Search code examples
rregexdplyrgreplgsubfn

Extracting dates in R, from a string variable with different date formats exhibiting lack of general structure / difficult pattern


I have a column of roughly 1300 characters which I need to extract a single date from, if the character contains a date (i.e. if NA then no date to be taken) and if it contains multiple dates, I only need one; if it contains an interval of dates, I don't need the dates.

For example, here are 10 observations that best exemplify the different cases with what I'd like to get as comments to the side:

string1 <- 'Eff. 1/1/96 ACWD Res #96-006 Service' # need the date
string2 <- 'NA' # irrelevant 
string3 <-'Effective 2/1/07' # need the date
string4 <- 'Effective: 3/01/2011' # need the date
string5 <- 'Eff.
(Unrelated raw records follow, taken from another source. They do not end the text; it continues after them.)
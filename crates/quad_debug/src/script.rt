// Reads scripts.

ghost use Rattle.std.specs.Prelude.{◌≡◌, ◌<◌, ◌≤◌, ◌^◌, ℕ, [], ◌∷◌, ◌++◌, length, IfOk, OnOk, Err, Some, None, true};
ghost use Rattle.std.specs.Char.{is_ascii_digit};
ghost use Rattle.std.specs.List.{list_all};
ghost use Rattle.uasm_read.specs.Texts as texts;
ghost use Rattle.quad_debug.specs.Script as spec;
ghost use Rattle.quad_debug.specs.declared.script.ScriptError.TheVariants.{NoMemory, Refused};

use crate::command::{Command, Place};
use crate::line::Line;
use crate::texts::{cut_line, next_part};
use std::alloc::{AllocError, Global};

/// Why a script was not read.
#[derive(Clone, Copy, Debug, PartialEq, Eq)]
pub enum ScriptError {
    /// No memory was left for its commands.
    NoMemory,
    /// The first line, counted from 1, that is neither blank nor a command.
    Refused { line: u32 },
}

impl From<AllocError> for ScriptError {
    ghost from_gives = { λ _ e. e ≡ NoMemory };

    fn from(_: AllocError) -> Self {
        ScriptError::NoMemory
    }
}

fn are_digits(bytes: &[u8]) -> bool
    ensures { result ≡ list_all is_ascii_digit bytes.now }
{
    for b in bytes {
        if !b.is_ascii_digit() {
            return false;
        }
    }
    true
}

// What at most 9 digits say.
fn value(digits: &[u8]) -> u32
    requires digits { list_all is_ascii_digit digits.now ≡ true }
    requires few { length digits.now ≤ 9 }
    ensures { result ≡ texts.value_from 0 digits.now }
{
    let mut sum = 0;
    for d in digits {
        sum = 10 * sum + (*d - b'0') as u32;
    }
    sum
}

// The number that a part says.
#[tactic(auto, unfolding(crate::specs::Script::number_of))]
fn number_of(part: &[u8]) -> Option<u32>
    ensures { result ≡ spec.number_of part.now }
{
    if part.is_empty() || part.len() > 9 || !are_digits(part) {
        return None;
    }
    Some(value(part))
}

// A command that has nothing behind it.
#[tactic(auto, unfolding(crate::specs::Script::plain))]
fn plain(word: &[u8]) -> Option<Command>
    ensures { result ≡ spec.plain word.now }
{
    if word == b"queue".as_slice() {
        Some(Command::Queue)
    } else if word == b"sheet".as_slice() {
        Some(Command::Sheet)
    } else {
        None
    }
}

fn back_by(count: u32) -> Option<Command>
    ensures { result ≡ spec.back_by count }
{
    if count >= 1 && count <= 64 {
        Some(Command::Back(count))
    } else {
        None
    }
}

// A command with a number behind it.
#[tactic(auto, unfolding(crate::specs::Script::counted))]
fn counted(word: &[u8], number: u32) -> Option<Command>
    ensures { result ≡ spec.counted word.now number }
{
    if word == b"step".as_slice() {
        Some(Command::Step(number))
    } else if word == b"event".as_slice() {
        Some(Command::Event(number))
    } else if word == b"break".as_slice() {
        Some(Command::BreakAt(number))
    } else if word == b"back".as_slice() {
        back_by(number)
    } else {
        None
    }
}

#[tactic(auto, unfolding(crate::specs::Script::place_of))]
fn place_of(memory: &[u8], number: u32) -> Option<Place>
    ensures { result ≡ spec.place_of memory.now number }
{
    if memory == b"rom".as_slice() {
        Some(Place::Rom(number))
    } else if memory == b"ram".as_slice() {
        Some(Place::Ram(number))
    } else {
        None
    }
}

// `show`, with a place behind it.
#[tactic(auto, unfolding(crate::specs::Script::shown))]
fn shown(word: &[u8], memory: &[u8], number: u32) -> Option<Command>
    ensures { result ≡ spec.shown word.now memory.now number }
{
    if word != b"show".as_slice() {
        return None;
    }
    match place_of(memory, number) {
        Some(place) => Some(Command::Show(place)),
        None => None,
    }
}

// The command that a word and the parts of some text are.
#[tactic(auto, unfolding(crate::specs::Script::command_of))]
fn command_of(word: &[u8], text: &[u8]) -> Option<Command>
    ensures { result ≡ spec.command_of (word.now ∷ texts.parts_of text.now) }
{
    let Some((second, rest)) = next_part(text) else {
        return plain(word);
    };
    let Some((third, rest)) = next_part(rest) else {
        return counted(word, number_of(second)?);
    };
    if next_part(rest).is_some() {
        return None;
    }
    shown(word, second, number_of(third)?)
}

// What a line says. One without a byte is blank.
#[tactic(auto, unfolding(crate::specs::Script::line_of, crate::specs::Script::line_in))]
fn line_of(line: &[u8]) -> Line
    ensures value { result ≡ spec.line_of line.now }
    ensures some { spec.is_bad result ≡ true → 0 < length line.now }
{
    let Some((word, rest)) = next_part(line) else {
        return Line::Blank;
    };
    match command_of(word, rest) {
        Some(command) => Line::Says(command),
        None => Line::Bad,
    }
}

fn add(commands: &mut Vec<Command>, command: Command) -> Result<(), AllocError>
    ensures { OnOk result (commands.new.items ≡ commands.old.items ++ command ∷ []) }
{
    commands.push(command)?;
    Ok(())
}

/// The commands of a script, one a line.
///
/// Lines are ended by a line feed or the end of the script, and a carriage return before a line feed is a blank; spaces and tabs separate
/// parts; blank lines say nothing. A number has 1 to 9 digits. `Refused` comes exactly where a line is neither blank nor a command, with
/// the first such line; any call may answer `NoMemory` instead.
pub fn read_script(alloc: Global, bytes: &[u8]) -> Result<Vec<Command>, ScriptError>
    requires { length bytes.now < 2 ^ 32 }
    ensures commands { IfOk result (λ commands. commands.items ≡ spec.commands_of bytes.now) }
    ensures formed { IfOk result (λ commands. spec.bad_line bytes.now ≡ None) }
    ensures refused { (line : ℕ) → result ≡ Err (Refused line) → spec.bad_line bytes.now ≡ Some line }
{
    let mut commands = Vec::new(alloc);
    let mut rest = bytes;
    let mut number: u64 = 1;
    'lines: loop {
        let (line, more) = cut_line(rest);
        match line_of(line) {
            Line::Blank => {}
            Line::Says(command) => add(&mut commands, command)?,
            Line::Bad => {
                return Err(ScriptError::Refused {
                    line: number as u32,
                });
            }
        }
        let Some(after) = more else {
            return Ok(commands);
        };
        rest = after;
        number += 1;
    }
}
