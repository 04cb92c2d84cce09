// Lines and their parts.

ghost use Rattle.std.specs.Prelude.{◌≡◌, ◌<◌, ◌≤◌, ◌∷◌, [], length, IfSome, MatchOption};
ghost use Rattle.std.specs.List.{prefix_len};
ghost use Rattle.std.specs.Option.{option_map_or};
ghost use Rattle.uasm_read.specs.Texts as texts;
ghost use Rattle.quad_debug.specs.Reading as reading;

/// Bytes that belong together.
#[derive(Clone, Copy, Debug, PartialEq, Eq)]
pub enum Class {
    /// Space and tab.
    Blank,
    /// All but these.
    Part,
    /// All but a line feed.
    Line,
}

fn is_blank(b: u8) -> bool
    ensures { result ≡ texts.is_blank b }
{
    b == b' ' || b == b'\t'
}

fn is_in(class: Class, b: u8) -> bool
    ensures { result ≡ reading.is_in class b }
{
    match class {
        Class::Blank => is_blank(b),
        Class::Part => !is_blank(b),
        Class::Line => b != b'\n',
    }
}

// How many bytes of the class stand at the front.
fn len_of(class: Class, bytes: &[u8]) -> usize
    ensures value { result ≡ prefix_len (reading.is_in class) bytes.now }
    ensures within { result ≤ length bytes.now }
{
    let mut rest = bytes;
    let mut len = 0;
    while let [b, more @ ..] = rest {
        if !is_in(class, *b) {
            break;
        }
        len += 1;
        rest = more;
    }
    len
}

// A line without the carriage return at its end.
fn without_return(line: &[u8]) -> &[u8]
    ensures value { result.now ≡ texts.without_return line.now }
    ensures within { length result.now ≤ length line.now }
{
    if let [front @ .., b'\r'] = line {
        front
    } else {
        line
    }
}

/// The line in front, and what stands behind it, if it is not the last one.
pub fn cut_line(text: &[u8]) -> (&[u8], Option<&[u8]>)
    ensures lines { texts.lines_of text.now ≡ result.0.now ∷ option_map_or (λ rest. texts.lines_of rest.now) result.1 [] }
    ensures within { length result.0.now ≤ length text.now }
    ensures shorter { IfSome result.1 (λ rest. length rest.now < length text.now) }
{
    let len = len_of(Class::Line, text);
    if len == text.len() {
        return (text, None);
    }
    (without_return(&text[..len]), Some(&text[len + 1..]))
}

/// The first part and what stands behind it.
pub fn next_part(text: &[u8]) -> Option<(&[u8], &[u8])>
    ensures some { IfSome result (λ parts. 0 < length text.now) }
    ensures parts { MatchOption result (texts.parts_of text.now ≡ []) (λ parts. texts.parts_of text.now ≡ parts.0.now ∷ texts.parts_of parts.1.now) }
{
    let start = len_of(Class::Blank, text);
    if start == text.len() {
        return None;
    }
    let text = &text[start..];
    let end = len_of(Class::Part, text);
    Some(text.split_at(end))
}
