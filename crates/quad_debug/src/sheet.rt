// The sponsors and their amounts.

ghost use Rattle.std.specs.Prelude.{◌≡◌, OnOk, OnErr};
ghost use Rattle.hum_outside.specs.Outside.{HasCause, AppendsFront, appended};
ghost use Rattle.vm_sponsor.specs.Ledger.{of_kind};
ghost use Rattle.vm_sponsor.specs.Sheets.{shown};
ghost use Rattle.instr_table.specs.Sheet.{Account};
ghost use Rattle.quad_debug.specs.Texts as spec;
ghost use Rattle.quad_debug.specs.Reading.{row_amount};

use crate::lines::kind_name;
use hum_outside::{Failed, Sink, put_parts};
use instr_table::Quota;
use itoa::Buffer;
use vm_machine::Machine;
use vm_sponsor::{Amounts, SheetRow};

fn of_kind(kind: Quota, amounts: Amounts) -> u64
    ensures { result ≡ of_kind kind amounts }
{
    match kind {
        Quota::Memory => amounts.memory,
        Quota::Events => amounts.events,
        Quota::Cycles => amounts.cycles,
    }
}

// Writes the line of a sponsor and one kind.
fn put_amount<K: Sink>(out: &mut K, number: u32, kind: Quota, row: &SheetRow) -> Result<(), Failed>
    ensures all { OnOk result (K.written out.new ≡ appended (K.written out.old) (spec.amount_line number kind (row_amount kind row.now))) }
    ensures front { OnErr result (AppendsFront (K.written out.old) (K.written out.new) (spec.amount_line number kind (row_amount kind row.now))) }
    ensures cause { HasCause (K.faults out.old) (K.faults out.new) result }
{
    let (mut sponsor, mut received, mut passed) = (Buffer::new(), Buffer::new(), Buffer::new());
    let (mut spent, mut held) = (Buffer::new(), Buffer::new());
    put_parts(
        out,
        &[
            b"* sponsor ",
            sponsor.format(number).as_bytes(),
            b" ",
            kind_name(kind),
            b" received ",
            received.format(of_kind(kind, row.received)).as_bytes(),
            b" passed ",
            passed.format(of_kind(kind, row.passed)).as_bytes(),
            b" spent ",
            spent.format(of_kind(kind, row.spent)).as_bytes(),
            b" held ",
            held.format(of_kind(kind, row.held)).as_bytes(),
            b"\n",
        ],
    )
}

// Writes the three lines of a sponsor.
fn put_account<K: Sink>(out: &mut K, number: u32, row: &SheetRow) -> Result<(), Failed>
    ensures all { (a : Account) → row.now ≡ shown a → OnOk result (K.written out.new ≡ appended (K.written out.old) (spec.account_lines number a)) }
    ensures front { (a : Account) → row.now ≡ shown a → OnErr result (AppendsFront (K.written out.old) (K.written out.new) (spec.account_lines number a)) }
    ensures cause { HasCause (K.faults out.old) (K.faults out.new) result }
{
    put_amount(out, number, Quota::Memory, row)?;
    put_amount(out, number, Quota::Events, row)?;
    put_amount(out, number, Quota::Cycles, row)
}

/// Writes the lines of all sponsors, in order of making.
pub fn put_sheet<K: Sink>(out: &mut K, machine: &Machine) -> Result<(), Failed>
    ensures all { OnOk result (K.written out.new ≡ appended (K.written out.old) (spec.sheet_lines 0 machine.now.state.sheet)) }
    ensures front { OnErr result (AppendsFront (K.written out.old) (K.written out.new) (spec.sheet_lines 0 machine.now.state.sheet)) }
    ensures cause { HasCause (K.faults out.old) (K.faults out.new) result }
{
    let _turns = machine.turns();
    let (sheet, quads) = (machine.sheet(), machine.quads());
    let mut number = 0;
    // There are no more sponsors than quads.
    'rows: while number < quads.used() {
        let Some(row) = sheet.row(quads, number) else {
            return Ok(());
        };
        put_account(out, number, &row)?;
        number += 1;
    }
    Ok(())
}
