// How many turns commands take.

ghost use Rattle.quad_debug.specs.Laws.{CommandsEnd, RestsHaveNoTurn};

/// A machine completes a turn exactly where it is not at rest and its root has not run out: a command that takes turns ends with what it
/// waits for, at rest or spent.
pub fn rests_have_no_turn()
    ensures { RestsHaveNoTurn }
{}

/// There is one number of turns that a command takes, and so one text that it writes.
pub fn commands_end()
    ensures { CommandsEnd }
{}
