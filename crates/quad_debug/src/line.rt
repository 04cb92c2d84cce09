// What a line of a script says.

use crate::command::Command;

/// What a line of a script says.
#[derive(Clone, Copy, Debug, PartialEq, Eq)]
pub enum Line {
    /// Nothing: it has no part.
    Blank,
    /// A command.
    Says(Command),
    /// It has no form.
    Bad,
}
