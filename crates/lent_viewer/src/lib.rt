// What a logic viewer shows of a task list that is lent as a run of records, which are copied into a list for the functions on
// lists. What takes a list by value lends its records.
#![tactic(auto)]

ghost use Rattle.tasks.specs.List.{list_of};
ghost use Rattle.viewer.specs.Viewer.{Writes, ReadsBack, ExplainsFile};

use explain::Viewed;
use tasks::{Task, TaskList};

// Writing a run of a lent list for the viewer.
pub fn write_lent(tasks: &[Task], supply: u32, run: &[u8], out: &mut [u8]) -> Viewed
    ensures { Writes (list_of tasks.now) supply run.now out.old out.new result }
{
    viewer::write(lent::copied(tasks), supply, run, out)
}

// Reading a run of a lent list back.
pub fn read_lent(tasks: &[Task], supply: u32, file: &[u8], out: &mut [u8]) -> Viewed
    ensures { ReadsBack (list_of tasks.now) supply file.now out.old out.new result }
{
    viewer::read(lent::copied(tasks), supply, file, out)
}

// Explaining a run of a lent list by needs.
pub fn explain_lent(tasks: &[Task], supply: u32, file: &[u8], needs: &mut [u32]) -> Viewed
    ensures { ExplainsFile (list_of tasks.now) supply file.now needs.old needs.new result }
{
    viewer::explain(lent::copied(tasks), supply, file, needs)
}

// Writing a run of a list by value, whose records are lent for it. A count above 16 names more records than there are places:
// none is lent; likewise below.
pub fn write_list(list: TaskList, supply: u32, run: &[u8], out: &mut [u8]) -> Viewed
    ensures { Writes list supply run.now out.old out.new result }
{
    match list.tasks.get(..list.count) {
        Some(tasks) => write_lent(tasks, supply, run, out),
        None => viewer::write(list, supply, run, out),
    }
}

// Reading a run of a list by value back, whose records are lent for it.
pub fn read_list(list: TaskList, supply: u32, file: &[u8], out: &mut [u8]) -> Viewed
    ensures { ReadsBack list supply file.now out.old out.new result }
{
    match list.tasks.get(..list.count) {
        Some(tasks) => read_lent(tasks, supply, file, out),
        None => viewer::read(list, supply, file, out),
    }
}

// Explaining a run of a list by value, whose records are lent for it.
pub fn explain_list(list: TaskList, supply: u32, file: &[u8], needs: &mut [u32]) -> Viewed
    ensures { ExplainsFile list supply file.now needs.old needs.new result }
{
    match list.tasks.get(..list.count) {
        Some(tasks) => explain_lent(tasks, supply, file, needs),
        None => viewer::explain(list, supply, file, needs),
    }
}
July 1, 1995 Ord. #92 Includes Cap Exp Ch' # need the date
string6 <- 'Effective: 2010-11' # need the date
string7 <- 'Eff. January 02' # need the date 
string8 <- 'Effective 1/1/09 Billing (svc prd 10/15 - 12/15/08)' # need first date only, not intervals
string9 <- 'Eff. 9/1/95 Resolution No. 63-95 1st 1000 g. free' # need the date
string10 <- '(svc prd 10/15-12/15/08)' # don't need interval dates

So strings 1 & 3 & 8 & 9 (same formats), string4, string5, string6, & string7 have different date formats. Further, string6, & string7 have more issues. string6 can be taken as 1/1/10(generally as 1/1/FIRST YEAR), whereas string7 has a year which can be identified by another character column, named FY containing values such as FY 9596, then string7 can be taken as 1/2/95.

Desired output for the 10 strings should be: (they could all also be YYYY-MM-DD, that doesn't matter much so long as they are consistent)

1/1/96
NULL
2/1/07
3/1/11
7/1/95
1/1/10
1/2/95
1/1/09
9/1/95
NULL

When I test it on the 10 all at once, using the following

for(j in 1:10){
strapplyc(string[j], "\\d+/\\d+/\\d+", simplify = TRUE)
}

I get the following due to the structural differences in the instances date formats:

Error in if (nchar(s) > 0 && substring(s, 1, 1) == "\002") { : 
  missing value where TRUE/FALSE needed

In particular, string5,string6,string7 fails to return what I need, as expected I get NULL instead; Further, string8 fails to return what I need, as I get

      [,1]      
[1,] "1/1/09"  
[2,] "12/15/08"

Lastly, string10 fails to return what I need, I instead get 12/15/08.

Is the most efficient approach to mutate with ifelse for string5,string6,string7??; for string10 I thought to assign NULL if a date is preceded by - as I thought that is likely signaling an interval which is irrelevant for my purpose but string6 contains a hyphen, which I need.

To the best of my knowledge I see somewhat related posts here here, & here. But thought this case was sufficiently different. Apologies in advance if that is not the case.

Any help is very much appreciated !!


Solution

  • Based off of @mnist's comment and a recognized pattern in my subsequent comment, I split the data (let myData denote my data frame and String denote the column of all 1300 string observations) with grepl

    myData <- myData %>% filter(grepl("Eff|eff|Ef",String))
    

    Then I again split myData into 2 subsets, with Case 1 (nice case) corresponding to filter(grepl("\\d+/\\d+/\\d+", String)) and Case 2 corresponding to filter(!grepl("\\d+/\\d+/\\d+", String)) respectively. As it turns out, Case 2 (annoying case) only amounts to 3% of the observations (<50 obs) which I suppose I will deal with manually since it is not much.

    Turns out Case 1 only had one observation like string8 so I corrected that manually.